━━━ EXTRACTED MATERIAL

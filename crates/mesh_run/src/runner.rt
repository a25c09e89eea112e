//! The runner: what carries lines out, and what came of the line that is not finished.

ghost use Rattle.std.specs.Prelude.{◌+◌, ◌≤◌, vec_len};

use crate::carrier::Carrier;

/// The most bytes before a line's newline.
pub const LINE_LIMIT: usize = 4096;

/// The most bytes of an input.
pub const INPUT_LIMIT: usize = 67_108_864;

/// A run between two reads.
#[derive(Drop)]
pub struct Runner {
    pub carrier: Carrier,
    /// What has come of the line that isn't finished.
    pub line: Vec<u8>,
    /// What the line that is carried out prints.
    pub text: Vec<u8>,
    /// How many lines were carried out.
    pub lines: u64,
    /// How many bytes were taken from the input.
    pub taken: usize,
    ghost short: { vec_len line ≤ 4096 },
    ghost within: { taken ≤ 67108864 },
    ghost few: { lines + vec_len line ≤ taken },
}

━━━━━━
━━━ EXTRACTED MATERIAL

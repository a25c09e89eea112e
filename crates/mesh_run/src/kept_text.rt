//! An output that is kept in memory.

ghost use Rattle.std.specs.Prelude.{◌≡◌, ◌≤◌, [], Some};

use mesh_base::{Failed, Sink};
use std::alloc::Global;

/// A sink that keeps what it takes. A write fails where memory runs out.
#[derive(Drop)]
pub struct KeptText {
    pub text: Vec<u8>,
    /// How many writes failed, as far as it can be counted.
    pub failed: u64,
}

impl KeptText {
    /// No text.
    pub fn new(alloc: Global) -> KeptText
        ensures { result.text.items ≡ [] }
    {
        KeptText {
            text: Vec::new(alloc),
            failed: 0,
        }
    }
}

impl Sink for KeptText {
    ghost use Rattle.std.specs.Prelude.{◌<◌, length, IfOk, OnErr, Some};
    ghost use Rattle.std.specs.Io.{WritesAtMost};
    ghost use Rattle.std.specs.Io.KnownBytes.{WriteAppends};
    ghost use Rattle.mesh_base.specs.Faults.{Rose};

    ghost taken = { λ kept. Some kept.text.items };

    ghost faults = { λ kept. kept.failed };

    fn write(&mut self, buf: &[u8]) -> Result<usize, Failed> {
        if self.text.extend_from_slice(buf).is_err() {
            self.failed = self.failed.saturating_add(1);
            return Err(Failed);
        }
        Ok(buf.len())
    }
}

━━━━━━

When a line in the listing has the word "impl", return that line.

RESPONSE BELOW:
impl KeptText {
impl Sink for KeptText {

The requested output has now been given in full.